=== Begin Enclosure ===
//! How the flat parts of a game are led on, and what they need to know of each position.
ghost use Rattle.std.specs.Prelude.{◌≡◌, ℕ, ◌+◌, ◌≤◌, ◌<◌, ◌↔◌, All, Some, length, slice_get, true, IfOk, IfSome, IfNone, IsTrue};
ghost use Rattle.rbg_rules.specs.Meaning.{AbstractGame, IsGame, IsStart, positions_of};
ghost use Rattle.rbg_shifts.specs.Leaps.{IsShiftAt};
ghost use Rattle.rbg_auto.specs.Steps.{AreNext};
ghost use Rattle.rbg_shifts.specs.Made.{AreLeapsOf};
ghost use Rattle.rbg_shifts.specs.Origin.{start_of};
ghost use Rattle.rbg_flat.specs.Onward.{IsOnward};
ghost use Rattle.rbg_flat.specs.Followers.{AreFollowers};
ghost use Rattle.rbg_flat.specs.Paths.{AreFacts, AreShown, ArePathsOf, Stays, way_by, way_if, way_of};
ghost use Rattle.rbg_flat.specs.Ways.{leaping, stepping};
ghost use Rattle.rbg_flat.specs.internal.Leading.{IsPositionIn};
ghost use Rattle.rbg_flat.specs.internal.Shown.{ShowsFacts, HasNoPieces, HasPieces, shows_shift};

use crate::followers::{Followers, StepTable};
use crate::onward::{Onward, all_onward};
use rbg_auto::{Expr, Steps};
use rbg_base::{Memory, Piece, Position, Vertex};
use rbg_rules::{Action, Game};
use rbg_shifts::{Leaps, Origin, Target, leaps};
use std::alloc::Global;

/// What a flat part does with the action at a position. The kinds that are told apart first stand first.
#[derive(Clone, Copy, Drop)]
pub(crate) enum Kind {
    /// An on of two pieces, which the facts tell: it is looked at where one of them stands.
    OnEither,
    /// A modifier: it is found, and nothing is led on from it.
    Modifier,
    /// A pattern: it is asked at each vertex.
    Pattern,
    /// Any other on: it is looked at where one of its pieces stands.
    On,
    /// A comparison: it is looked at everywhere, or nowhere where it doesn't hold.
    Comparison,
    /// A shift, or no action: nothing of this kind is met.
    Plain,
}

/// What flat parts need to know of a position. The pieces stand beside the kind, not in it: so a kind is one byte, and each
/// field is read where it is.
#[derive(Clone, Copy, Drop)]
pub(crate) struct Facts {
    /// Whether no shift comes next after it.
    pub still: bool,
    /// Whether it is an on of one piece. Most of what is met are such ons, and a flag of its own is tested before all
    /// kinds.
    pub alone: bool,
    /// Whether it is a modifier that is valid everywhere: an off or a switch.
    pub sure: bool,
    pub kind: Kind,
    /// The piece of an on of one, or the first one of two.
    pub piece: Piece,
    /// The second piece of an on of two.
    pub other: Piece,
}

/// How flat parts of a game are led on: by its leaps, or step by step. The facts of each position, from 0 on, stand with it.
pub struct Paths {
    /// The leaps of the game; none where shifts are followed one by one.
    leaps: Option<Leaps>,
    /// What comes next at each place in the rules.
    steps: StepTable,
    pub(crate) facts: Vec<Facts>,
    /// Whether a pattern stands at each position, from 0 on, whose inside begins with leaps to one vertex at each position,
    /// or with none, as far as was looked. It only tells where to look for a dead end: nothing rests on it. It is kept
    /// apart, so that the facts of a position stay one word.
    narrow: Vec<bool>,
    /// Whether such a pattern stands at each position, from 0 on, and ons, comparisons and shifts alone stand inside it. It
    /// only tells where a walk may be worth while.
    plain: Vec<bool>,
    /// What comes next after each position, from 0 on, where it is one modifier alone.
    pub(crate) onward: Vec<Onward>,
}

/// Written out, so that letting them go is one call in the proofs of those who hold them, not a step for each part.
impl Drop for Paths {
    fn drop(self) {
        let Paths {
            leaps: _,
            steps: _,
            facts: _,
            narrow: _,
            plain: _,
            onward: _,
        } = self;
    }
}
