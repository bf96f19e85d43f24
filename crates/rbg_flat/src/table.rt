//! Words of bits, with a list of those that have bits.
ghost use Rattle.std.specs.Prelude.{◌≡◌, ◌≢◌, ℕ, ◌<◌, length, slice_index, slice_set, bit_or, bit_and, IfOk, IfSome, IfNone};
ghost use Rattle.std.specs.Int.{bit_not, w64};
ghost use Rattle.rbg_flat.specs.internal.Sets.{IsLastOf};

use rbg_base::Memory;
use std::alloc::Global;
use std::marker::Model;

/// Words of bits, one for each place. The places whose words have bits are listed, each once, the latest last. To add
/// bits takes no memory.
#[derive(Drop)]
pub(crate) struct BitTable {
    words: Vec<u64>,
    /// The places that are listed, and after them room for all others.
    room: Vec<usize>,
    listed: usize,
}

impl Model for BitTable {
    ghost use Rattle.std.specs.Prelude.{take};
    ghost use Rattle.rbg_flat.specs.internal.Table.{Bits};

    ghost Value = { Bits };

    ghost view = { λ t. record { words = t.words.items; listed = take t.listed t.room.items } };

    ghost use Rattle.rbg_flat.specs.internal.Table.{AreListed};

    ghost invariant = { λ t. AreListed t.words.items t.room.items t.listed };
}

impl BitTable {
    /// No bits, in so many words.
    pub(crate) fn new(alloc: Global, size: usize) -> Result<BitTable, Memory>
        ensures size { IfOk result (λ table. length table.words ≡ size) }
        ensures none { IfOk result (λ table. (p : ℕ) → slice_index table.words p ≡ 0) }
    {
        Ok(BitTable {
            words: vec![in alloc; 0; size]?,
            room: vec![in alloc; 0; size]?,
            listed: 0,
        })
    }

    /// The word at a place.
    #[inline(always)]
    pub(crate) fn word(&self, place: usize) -> u64
        requires { place < length self.now.words }
        ensures { result ≡ slice_index self.now.words place }
    {
        self.words[place]
    }

    /// Adds bits to the word at a place.
    #[inline(always)]
    pub(crate) fn add(&mut self, place: usize, bits: u64)
        requires place { place < length self.old.words }
        requires some { bits ≢ 0 }
        ensures { self.new.words
            ≡ slice_set self.old.words place (bit_or (slice_index self.old.words place) bits) }
    {
        let known = self.words[place];
        self.words[place] = known | bits;
        if known == 0 {
            self.room[self.listed] = place;
            self.listed += 1;
        }
    }

    /// The latest place whose word has bits.
    #[inline(always)]
    pub(crate) fn last(&self) -> Option<usize>
        ensures last { IfSome result (IsLastOf self.now.listed) }
        ensures below { IfSome result (λ p. p < length self.now.words) }
        ensures some { IfSome result (λ p. slice_index self.now.words p ≢ 0) }
        ensures none { IfNone result ((p : ℕ) → slice_index self.now.words p ≡ 0) }
    {
        if self.listed == 0 {
            None
        } else {
            Some(self.room[self.listed - 1])
        }
    }

    /// Takes bits off the word at the latest place.
    #[inline(always)]
    pub(crate) fn take_bits(&mut self, place: usize, bits: u64)
        requires place { place < length self.old.words }
        requires last { IsLastOf self.old.listed place }
        ensures { self.new.words ≡ slice_set self.old.words place
            (bit_and (slice_index self.old.words place) (bit_not w64 bits)) }
    {
        let left = self.words[place] & !bits;
        self.words[place] = left;
        if left == 0 {
            self.listed -= 1;
        }
    }

    /// Clears the word at the latest place.
    #[inline(always)]
    pub(crate) fn clear_last(&mut self, place: usize)
        requires place { place < length self.old.words }
        requires last { IsLastOf self.old.listed place }
        ensures words { self.new.words ≡ slice_set self.old.words place 0 }
        ensures fewer { length self.new.listed < length self.old.listed }
    {
        self.words[place] = 0;
        self.listed -= 1;
    }

    /// Clears all words.
    pub(crate) fn clear(&mut self)
        ensures size { length self.new.words ≡ length self.old.words }
        ensures none { (p : ℕ) → slice_index self.new.words p ≡ 0 }
    {
        while let Some(place) = self.last() {
            self.clear_last(place);
        }
    }
}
=== End Enclosure ===
> _WHAT YOU NEED TO DO_:
Provide the number of lines in the records above containing the string "everywhere", and write nothing more.

> _EXERCISE SOLUTION_:
2